Aucune contrainte, rien. Personne pour me dire quoi faire, personne pour me solliciter. Personne, même pas Loustic, et c’est bien ce qui me dérange.

Pas de nouvelles depuis deux jours. Je me suis imposée de ne pas lui téléphoner avant dimanche soir. Pour éviter de me prendre des remarques désagréables, un peu, mais surtout parce que ça me blesse de l’entendre raconter qu’il s’amuse. C’est pas très logique, car en même temps je culpabilise beaucoup quand il pleure au téléphone, et ça me met en colère aussi, mais bien sûr cela me rassure également, j’aime qu’il ne se sente bien qu’ici avec moi, j’ai tellement peur qu’il parte définitivement vivre avec son père, quel échec, quel drame, j’aurais voulu que son père disparaisse, s’évanouisse.

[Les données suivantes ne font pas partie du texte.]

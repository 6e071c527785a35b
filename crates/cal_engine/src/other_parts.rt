ghost use Rattle.std.specs.Prelude.{◌≡◌, [], List, slice_get, slice_index_or, IfOk};
ghost use Rattle.std.specs.Option.{option_copied};
ghost use Rattle.cal_value.specs.declared.record.Rec.{Rec as ARecord};
ghost use Rattle.cal_engine.specs.Making.{AreOthers, below_of};
ghost use Rattle.cal_engine.specs.Numbered.{AreGroups};
ghost use Rattle.cal_parts.specs.Parts.{Gathered};

use crate::below::parts_below_keys;
use crate::finishing::{no_parts, some_beyond, some_inclusive};
use crate::groups::total;
use crate::numbered::NumberedGroups;
use cal_context::Context;
use cal_parts::Part;
use cal_ql::Query;
use cal_value::{OutOfMemory, Seq};
use std::alloc::Global;

/// What is kept of other records than a group's, where some kernel looks at them: of all, and for
/// each group of those at or below it.
#[derive(Drop)]
pub(crate) struct OtherParts {
    all: Seq<Part>,
    inclusive: bool,
    below: Vec<Seq<Part>>,
}

impl OtherParts {
    /// The parts for groups whose keys lie in a context.
    pub(crate) fn of(
        alloc: Global,
        query: &Query,
        room: &Context,
        groups: &NumberedGroups,
    ) -> Result<OtherParts, OutOfMemory>
        ensures { IfOk result (λ others. (rs : List ARecord)
            → AreGroups room.now query.now rs groups.now → AreOthers room.now query.now rs
            groups.now others.all (below_of others groups.now.parts)) }
    {
        let aggs = query.aggs.as_slice();
        let none = no_parts(alloc, aggs)?;
        let own = groups.parts();
        if !some_beyond(aggs) {
            return Ok(OtherParts {
                all: none,
                inclusive: false,
                below: Vec::new(alloc),
            });
        }
        let all = total(alloc, own, &none)?;
        if !some_inclusive(aggs) {
            return Ok(OtherParts {
                all,
                inclusive: false,
                below: Vec::new(alloc),
            });
        }
        let below = parts_below_keys(alloc, room, groups.keys(), own, &none)?;
        Ok(OtherParts {
            all,
            inclusive: true,
            below,
        })
    }

    /// The parts of all records.
    pub(crate) fn all(&self) -> &[Part]
        ensures { result.now ≡ self.now.all }
    {
        let _ = &self.below;
        self.all.as_slice()
    }

    /// The part at a place of those below the group of a number, whose own part there is this one.
    pub(crate) fn below_at(&self, number: usize, place: usize, own: Option<&Part>) -> Option<Part>
        ensures { (parts : List (List Gathered))
            → option_copied own.entry ≡ slice_get (slice_index_or parts number []) place
            → result ≡ slice_get (slice_index_or (below_of self.now parts) number []) place }
    {
        let _ = &self.all;
        if !self.inclusive {
            return Some(own?.twin());
        }
        Some(self.below.get(number)?.get(place)?.twin())
    }
}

Pourtant, aujourd’hui, il ne m’a pas manqué. Pas manqué, les incessants « Mamaaaaaan » qui finissent par m’excéder. Pas manqué, de ne pas devoir le nourrir, l’habiller, l’occuper, le laver, l’amuser… Ce qui me manque, c’est ses câlins, son amour. Parfois, souvent devrais-je écrire si j’étais un peu plus honnête, j’ai l’impression qu’il me bride les ailes. Ou plutôt que je me suis brisée les ailes toute seule, volontairement, en le mettant au monde. Parce qu’à l’époque, je pensais que ma vie était dans la maternité, dans l’image d’épinal que je m’étais dessinée. Parce que je ne pouvais pas croire que son père ne rentrerait pas dans mon scénario, qu’il m’imposerait une rupture, un bouleversement des plans. Parce que j’avais envie d’être une mère au foyer, comme la mienne, avec quatre enfants, comme la mienne, sauf que moi en prime j’aurais été écrivain, plutôt que jouer au bridge ou prendre des cours de couture.

Parce que je n’imaginais pas que la naissance se passerait comme ça, que les premières semaines seraient aussi difficiles, aussi angoissantes. Parce que j’imaginais que la naissance de mon fils mettrait un point final à mon mal-être, à mon adolescence, parce que je pensais qu’il me changerait en femme. Bye bye ma fille, voici une femme. Evidemment c’était complètement faux.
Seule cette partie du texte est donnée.